Love and secret services[edit]
The first World War brought her to Paris. She worked for the Red Cross in Rouen. At that time, several secret services were interested in her because she expressed strong criticism of British and French colonial politics. After falling in love with him, she traveled to her lover Bernard Lavergne who settled in Algiers. She traveled into the desert on horseback and contributed to health care for the Berbers. Her social involvement was further demonstrated by her call for the Berbers to demand better facilities. A new lover, the Georgian prince Grisha, led her to Georgia. She wrote about this trip and her affair in her book Au Pays de la Toison d’Or (1924). In late spring 1921, while staying with friends in Istanbul and two days before she would have travelled to Batum, she was arrested by the British military police, extrajudicially and presumably for her socialist leanings, and was deported to Sebastopol in Russia. For three months she endured the abuses of the Cheka, before she was let go to Charkov. She wrote about her arrest and experiences in Russia in Sous Lénine. Notes d’Une Femme Déporté en Russie par les Anglais (Paris 1922).[2]

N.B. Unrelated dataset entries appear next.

//! What the host does at a port.
ghost use Rattle.std.specs.Prelude.{◌≡◌, ◌*◌, [], ◌∷◌, true, false, IsTrue, Ok, IfErr, IfOk, IfSome, IfNone, IsSome, is_some};
ghost use Rattle.usb_port.specs.Calls.{IsClearFeature};
ghost use Rattle.usb_port.specs.Order.{parent_of};
ghost use Rattle.usb_port.specs.Path.{IsPath, IsPortNumber};
ghost use Rattle.usb_world.specs.Worlds.{IsRootPort, root_port_at};
ghost use Rattle.usb_hub.specs.Port.{IsAsked};
ghost use Rattle.usb_enum.specs.Stops.{at_port};
ghost use Rattle.usb_table.specs.TableEntries.{has_at};
ghost use Rattle.usb_table.specs.Findings.{accepted_device_at};
ghost use Rattle.usb_table.specs.KnownPorts.{IsAskable, known_port};
ghost use Rattle.usb_table.specs.Listing.{tier_of};
ghost use Rattle.usb_transfer.specs.Control.{write_bound};
ghost use Rattle.usb_host.specs.Changes.{HasOnlyWorldChanges, IsCleared, is_stuck, was_disabled};
ghost use Rattle.usb_host.specs.LeftPorts.{LeavesNoMore};
ghost use Rattle.usb_host.specs.NearPorts.{DropsNear, IsOnWay, PortEnds};
ghost use Rattle.usb_host.specs.PortHandling.{DisablesOnWay, Climbs};
ghost use Rattle.usb_host.specs.PartCalls.{PartCall, PortPart, RoundCall};
ghost use Rattle.usb_host.specs.Ports.{IsPortAt, StandsNowhere, IsDue, Waits, Broke, Entered, Forgets};
ghost use Rattle.usb_enum.specs.Bounds.{read_bound, widest_enumeration};
ghost use Rattle.usb_host.specs.Bounds.{clearing_bound, drop_bound, handling_bound, look_bound, serving_bound};
ghost use Rattle.usb_host.specs.Progress.{HostSpends, OnlyBusSteps, OnlyLeaves};
ghost use Rattle.usb_host.specs.Requests.{ClearsBoth, ClearsError, ClearsFeature, ClearsOthers, ClearsOwn, ClearsPort, ClearsReported, ClearsWhere, SettlesPort, ShowsPort, TidiesPort};
ghost use Rattle.usb_host.specs.Service.{Discovers, DropsOne, FinishesAt, HandlesNumber, HandlesPort, LooksAfterError, LooksAt, LooksOnceMore, OwnHandled, OwnServed, RenewsPort, ServesOwn, ServesPort};
ghost use Rattle.usb_host.specs.ToldFaults.{HostReported};

use crate::HostFault;
use crate::host::{Host, Round};
use crate::pool::{enter, release};
use arrayvec::ArrayVec;
use usb_bus::Bus;
use usb_enum::{Cause, EnumFault, Finding, Place, enumerate};
use usb_hub::{
    HubPort, PipeFault, PortStatus, clear_hub_changes, clear_port, clear_port_change, has_root,
    port_status,
};
use usb_port::{PortPath, supply};
use usb_request::feature::{C_PORT_CONNECTION, C_PORT_ENABLE, C_PORT_RESET, PORT_ENABLE};
use usb_request::hub_feature::{C_PORT_OVER_CURRENT, C_PORT_SUSPEND};
use usb_table::{KnownPort, address_of};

Wells and the search for a third way[edit]
She wanted to return to Istanbul but because of the turbulent events this city was no longer an option, so she returned to Paris. Between 1924 and 1933 Keun was the partner of H.G. Wells, with whom she lived in Lou Pidou, a house they built together in Grasse, France. Wells, who was 22 years her elder, dedicated his books The World of William Clissold [3] (his longest) and The Bulpington of Blup to her. Later she worked as secretary at the consul-general in the United States. In her 1937 book A Foreigner Looks at the TVA, she describes the organization of George W. Norris's Tennessee Valley Authority as "the way in which a participatory liberal democracy could embrace modernization, to parry the influence of Fascist and Communist models of development, while avoiding the perils of statism."[4] After 1939 Keun lived in England, first in London, from 1941 in Torquay, and eventually in Worthing, West Sussex.[2]